Finalmente, se debe realizar una reflexión personal: ¿esta estrategia me está ayudando a alcanzar el estilo de vida que realmente deseo? ¿Contribuye a mi bienestar óptimo?
Aprender a validar
A continuación, veremos los siguientes puntos: la validación y el duelo. El duelo no consiste en olvidarse de la persona, sino en aceptar su ausencia. En primer lugar, hablaré sobre la validación.
Es importante mencionar que, al validar, debemos hacerlo desde la emoción, no desde la conducta. De esta manera, podremos asociar mejor lo que la persona está experimentando.
Entender que una cosa es la emoción y otra la conducta nos permitirá analizar la situación de manera más objetiva y, a partir de ahí, realizar una intervención adecuada. Evitemos frases como "échale ganas" o "todos mueren, ya pasará", ya que estas son completamente invalidantes y erróneas. Si deseas aprender a validar, hazlo desde la compasión, no desde la denigración.
Por otra parte, el duelo no es olvidarse de la persona; es aceptar y superar que las cosas en tu vida han cambiado. Este proceso requiere adaptarse y ajustarse a un nuevo estilo de vida. Claro está que esto ocurre de forma paulatina, permitiendo que la persona viva su duelo de manera natural.
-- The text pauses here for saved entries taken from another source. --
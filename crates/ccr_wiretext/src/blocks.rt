//! Which first words may stand in which block, and what a line declares.

ghost use Rattle.std.specs.Prelude.{◌≡◌, ◌∷◌, [], true, false, List as Listed, ℕ, Some, Ok, IfOk, IfSome};
ghost use Rattle.ccr_text.specs.Words.{number_of};
ghost use Rattle.ccr_text.specs.Answers.{GivesState};
ghost use Rattle.ccr_wiretext.specs.declared.keyword.Keyword.TheVariants.{Post};
ghost use Rattle.ccr_wiretext.specs.Scanning.{MayPost};
ghost use Rattle.ccr_wiretext.specs.Blocks.{outside_line, handler_line, group_of, arbiter_line, poster_line, line_in};

use crate::draft::{Block, Draft};
use crate::forms::arbiter_end_form;
use crate::keyword::Keyword;
use ccr_base::{Action, Group, List, OutOfMemory, PortNo, Sent, Value};
use ccr_text::{Code, Cursor, Stop};
use ccr_wiring::{
    ArbiterPart, HandlerPart, Kind, MAX_ARBITERS, MAX_HANDLERS, MAX_PORTS, MAX_POSTERS, PosterPart,
};
use std::mem;

/// The group of a branch that begins with the word, by the kind of its arbiter.
fn group_of(kind: Kind, first: Keyword) -> Option<Group>
    ensures { result ≡ group_of kind first }
{
    match (kind, first) {
        (Kind::Choice, Keyword::Branch) => Some(Group::Choice),
        (Kind::Interleave, Keyword::Teardown) => Some(Group::Teardown),
        (Kind::Interleave, Keyword::Exclusive) => Some(Group::Exclusive),
        (Kind::Interleave, Keyword::Concurrent) => Some(Group::Concurrent),
        _ => None,
    }
}

impl Draft {
    #[tactic(auto, unfolding(crate::specs::Blocks::outside_line))]
    fn port_line(&mut self, words: Cursor<'_>) -> Result<(), Stop<Code>>
        ensures { GivesState self.new result (outside_line self.old Keyword.Port words.entry) }
    {
        let count = self.parts.ports.as_slice().len();
        let name = self.name_form(MAX_PORTS, count, words)?;
        self.add_port(name)?;
        Ok(())
    }

    #[tactic(auto, unfolding(crate::specs::Blocks::outside_line))]
    fn open_handler(&mut self, words: Cursor<'_>) -> Result<(), Stop<Code>>
        ensures { GivesState self.new result (outside_line self.old Keyword.Handler words.entry) }
    {
        let count = self.parts.handlers.as_slice().len();
        let name = self.name_form(MAX_HANDLERS, count, words)?;
        self.begin_handler(name)?;
        Ok(())
    }

    #[tactic(auto, unfolding(crate::specs::Blocks::outside_line))]
    fn open_choice(&mut self, words: Cursor<'_>) -> Result<(), Stop<Code>>
        ensures { GivesState self.new result (outside_line self.old Keyword.Choice words.entry) }
    {
        let count = self.parts.arbiters.as_slice().len();
        let name = self.name_form(MAX_ARBITERS, count, words)?;
        self.begin_arbiter(Kind::Choice, name)?;
        Ok(())
    }

    #[tactic(auto, unfolding(crate::specs::Blocks::outside_line))]
    fn open_interleave(&mut self, words: Cursor<'_>) -> Result<(), Stop<Code>>
        ensures { GivesState self.new result (outside_line self.old Keyword.Interleave words.entry) }
    {
        let count = self.parts.arbiters.as_slice().len();
        let name = self.name_form(MAX_ARBITERS, count, words)?;
        self.begin_arbiter(Kind::Interleave, name)?;
        Ok(())
    }

    #[tactic(auto, unfolding(crate::specs::Blocks::outside_line))]
    fn open_poster(&mut self, words: Cursor<'_>) -> Result<(), Stop<Code>>
        ensures { GivesState self.new result (outside_line self.old Keyword.Poster words.entry) }
    {
        let count = self.parts.posters.as_slice().len();
        let name = self.name_form(MAX_POSTERS, count, words)?;
        self.begin_poster(name)?;
        Ok(())
    }

    #[tactic(auto, unfolding(crate::specs::Blocks::outside_line))]
    fn outside_line(&mut self, first: Keyword, words: Cursor<'_>) -> Result<(), Stop<Code>>
        ensures { GivesState self.new result (outside_line self.old first words.entry) }
    {
        match first {
            Keyword::Budget => {
                let budget = self.budget_form(words)?;
                self.set_budget(budget);
            }
            Keyword::Queue => {
                let part = self.queue_form(words)?;
                self.add_queue(part)?;
            }
            Keyword::Port => self.port_line(words)?,
            Keyword::Portset => {
                let part = self.set_form(words)?;
                self.add_set(part)?;
            }
            Keyword::Cause => {
                let part = self.cause_form(words)?;
                self.add_cause(part)?;
            }
            Keyword::Handler => self.open_handler(words)?,
            Keyword::Receive => {
                let branch = self.receive_form(words)?;
                self.add_receive(branch)?;
            }
            Keyword::Choice => self.open_choice(words)?,
            Keyword::Interleave => self.open_interleave(words)?,
            Keyword::Combine => {
                let part = self.combine_form(words)?;
                self.add_domain(part)?;
            }
            Keyword::Poster => self.open_poster(words)?,
            _ => return Err(Stop::Refused(Code::Keyword)),
        }
        Ok(())
    }

    #[tactic(auto, unfolding(crate::specs::Blocks::handler_line, crate::specs::Forms::end_form))]
    fn handler_line(
        &mut self,
        part: HandlerPart,
        first: Keyword,
        words: Cursor<'_>,
    ) -> Result<(), Stop<Code>>
        ensures { GivesState self.new result (handler_line self.old part first words.entry) }
    {
        match first {
            Keyword::Post => {
                let action = self.post_form(&part, words)?;
                self.add_action(part, &action)?;
            }
            Keyword::Fail => {
                let value = self.fail_form(&part, words)?;
                self.add_action(part, &Action::Fail(value))?;
            }
            Keyword::Add => {
                let cause = self.caused_form(&part, words)?;
                self.add_action(part, &Action::Add(cause))?;
            }
            Keyword::Remove => {
                let cause = self.caused_form(&part, words)?;
                self.add_action(part, &Action::Remove(cause))?;
            }
            Keyword::Await => {
                let action = self.await_form(&part, words)?;
                self.add_action(part, &action)?;
            }
            Keyword::End => {
                words.no_more()?;
                self.end_handler(part)?;
            }
            _ => return Err(Stop::Refused(Code::Keyword)),
        }
        Ok(())
    }

    #[tactic(auto, unfolding(crate::specs::Blocks::arbiter_line))]
    fn arbiter_line(
        &mut self,
        part: ArbiterPart,
        first: Keyword,
        words: Cursor<'_>,
    ) -> Result<(), Stop<Code>>
        ensures { GivesState self.new result (arbiter_line self.old part first words.entry) }
    {
        if let Keyword::End = first {
            arbiter_end_form(&part, words)?;
            self.end_arbiter(part)?;
            return Ok(());
        }
        let Some(group) = group_of(part.kind, first) else {
            return Err(Stop::Refused(Code::Keyword));
        };
        let branch = self.branch_form(&part, group, words)?;
        self.add_branch(part, branch)?;
        Ok(())
    }

    #[tactic(auto, unfolding(crate::specs::Blocks::poster_line, crate::specs::Forms::end_form))]
    fn poster_line(
        &mut self,
        part: PosterPart,
        first: Keyword,
        words: Cursor<'_>,
    ) -> Result<(), Stop<Code>>
        ensures { GivesState self.new result (poster_line self.old part first words.entry) }
    {
        match first {
            Keyword::Post => {
                let post = self.script_form(&part, words)?;
                self.add_post(part, post)?;
            }
            Keyword::End => {
                words.no_more()?;
                self.end_poster(part)?;
            }
            _ => return Err(Stop::Refused(Code::Keyword)),
        }
        Ok(())
    }

    /// The port of a post more in the open poster, where one may stand.
    fn post_port(&self, name: &[u8]) -> Option<PortNo>
        ensures { IfSome result (MayPost self.now name.now) }
    {
        let Block::Poster(part) = &self.block else {
            return None;
        };
        if !self.has_post_room(part) {
            return None;
        }
        self.port(name)
    }

    /// Takes in the post of this number at the port of this name. Where it may not stand nothing is done, and the reader of words says why.
    pub fn plain_post(&mut self, name: &[u8], number: u64) -> Result<bool, OutOfMemory>
        ensures taken { IfOk result (λ taken. taken ≡ true → (digits : Listed ℕ) → number_of digits ≡ Some number → line_in self.old.block self.old Post (name.now ∷ digits ∷ []) ≡ Ok self.new) }
        ensures left { IfOk result (λ taken. taken ≡ false → self.new ≡ self.old) }
    {
        let Some(port) = self.post_port(name) else {
            return Ok(false);
        };
        let post = Sent {
            port,
            value: Value::one(number),
            causes: List::new(self.alloc),
        };
        match mem::replace(&mut self.block, Block::Outside) {
            Block::Poster(part) => self.add_post(part, post)?,
            _ => unreachable!(),
        }
        Ok(true)
    }

    /// Takes in a line with these words.
    #[tactic(auto, unfolding(crate::specs::Blocks::line_in))]
    pub fn line(&mut self, first: Keyword, words: Cursor<'_>) -> Result<(), Stop<Code>>
        ensures { GivesState self.new result (line_in self.old.block self.old first words.entry) }
    {
        match mem::replace(&mut self.block, Block::Outside) {
            Block::Outside => self.outside_line(first, words),
            Block::Handler(part) => self.handler_line(part, first, words),
            Block::Arbiter(part) => self.arbiter_line(part, first, words),
            Block::Poster(part) => self.poster_line(part, first, words),
        }
    }
}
En el mejor de los escenarios, si el duelo no se convierte en patológico, llegará un momento en que la persona no olvide, pero sí aprenda a vivir con esa pérdida. En otras palabras, se acepta y se supera.
Preguntas para reflexionar
Enseguida les presentaré algunas preguntas para reflexionar, encaminadas a este aspecto de la intervención:
- ¿Háblame de lo que has estado viviendo?
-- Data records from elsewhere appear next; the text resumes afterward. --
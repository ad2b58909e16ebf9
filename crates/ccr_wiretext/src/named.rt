//! What a declared name stands for.

/// What a name stands for, with its number among its kind where lines refer to it.
#[derive(Clone, Copy, PartialEq, Eq)]
pub enum Named {
    Queue(u32),
    Port(u32),
    Set(u32),
    Cause(u32),
    Handler(u32),
    Arbiter(u32),
    Branch,
    Poster,
}
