//! What holds of every text.

ghost use Rattle.std.specs.Prelude.{◌≡◌, ℕ, true, List, Ok};
ghost use Rattle.ccr_wiring.specs.declared.parts.Parts.{Parts as Said};
ghost use Rattle.ccr_wiretext.specs.Lines.{IsText};
ghost use Rattle.ccr_wiretext.specs.Reading.{reading_text};
ghost use Rattle.ccr_wiretext.specs.Spelling.{spelling};
ghost use Rattle.ccr_wiretext.specs.Values.{IsValued};
ghost use Rattle.ccr_wiring.specs.Openness.{is_closed};
ghost use Rattle.ccr_wiring.specs.Valid.{IsValid};

use ccr_text::{lines_are_read_again, numbers_are_read_again};

/// A text is read exactly where the grammar has it, and as the parts that the grammar says. So a text says at most
/// one wiring, and a refused text says none.
pub fn reading_is_exact()
    ensures said { (text : List ℕ) (parts : Said) → reading_text text ≡ Ok parts → IsText text parts }
    ensures read { (text : List ℕ) (parts : Said) → IsText text parts → reading_text text ≡ Ok parts }
{}

/// The canonical text of a valid wiring, of which nothing is open, is read as that wiring.
pub fn what_is_written_is_read()
    ensures { (parts : Said) → IsValid parts → is_closed parts ≡ true → IsValued parts → reading_text (spelling parts) ≡ Ok parts }
{
    lines_are_read_again();
    numbers_are_read_again();
}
- ¿Cómo has luchado con ello?
- ¿Cómo han sido los síntomas?
- ¿Qué otras cosas, aparte del dolor, te han sucedido?
- ¿Cómo te gustaría que fuera tu vida en cinco años?
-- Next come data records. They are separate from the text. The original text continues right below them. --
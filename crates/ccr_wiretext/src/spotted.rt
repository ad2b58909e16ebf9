//! The ports that spots name, and how often each is named.

ghost use Rattle.std.specs.Prelude.{◌≡◌, [], ◌∷◌, ◌++◌, OnOk};
ghost use Rattle.ccr_wiring.specs.Spots.{times};

use ccr_base::{OutOfMemory, PortNo};
use indexmap::IndexMap;
use std::alloc::Global;
use std::marker::Model;

/// Ports, once for each time that a spot names one. Contracts see them as a list, in the order in which they came; how often one stands there is found by hashing.
#[derive(Drop)]
pub struct Spotted {
    ports: Vec<PortNo>,
    counts: IndexMap<PortNo, usize>,
}

impl Model for Spotted {
    ghost use Rattle.std.specs.Prelude.{List as Listed, ℕ};
    ghost use Rattle.ccr_wiretext.specs.Counts.{AreCounts};

    ghost Value = { Listed ℕ };

    ghost view = { λ spotted. spotted.ports.items };

    ghost invariant = { λ spotted. AreCounts spotted.ports.items spotted.counts };
}

impl Spotted {
    pub fn new(alloc: Global) -> Self
        ensures { result ≡ [] }
    {
        Spotted {
            ports: Vec::new(alloc),
            counts: IndexMap::new(alloc),
        }
    }

    /// How often the port stands there.
    pub fn times(&self, port: PortNo) -> usize
        ensures { result ≡ times port self.now }
    {
        self.counts.get(&port).copied().unwrap_or(0)
    }

    /// The port once more.
    fn add(&mut self, port: PortNo) -> Result<(), OutOfMemory>
        ensures { OnOk result (self.new ≡ self.old ++ port ∷ []) }
    {
        let count = self.times(port);
        self.ports.reserve(1)?;
        self.counts.insert(port, count + 1)?;
        self.ports.push_reserved(port);
        Ok(())
    }

    /// Each of the ports once more.
    pub fn add_all(&mut self, ports: &[PortNo]) -> Result<(), OutOfMemory>
        ensures { OnOk result (self.new ≡ self.old ++ ports.now) }
    {
        for port in ports {
            self.add(*port)?;
        }
        Ok(())
    }
}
- ¿Cómo has lidiado con ello?
Con estas preguntas puedes indagar más respecto a cómo la persona está sobrellevando las cosas en su vida. Así que úsalas siempre empleando un lenguaje y tono adecuados. Sin sonar demasiado entrometido, ponte en el lugar del otro y comprende que también es difícil hablar sobre lo que está ocurriendo.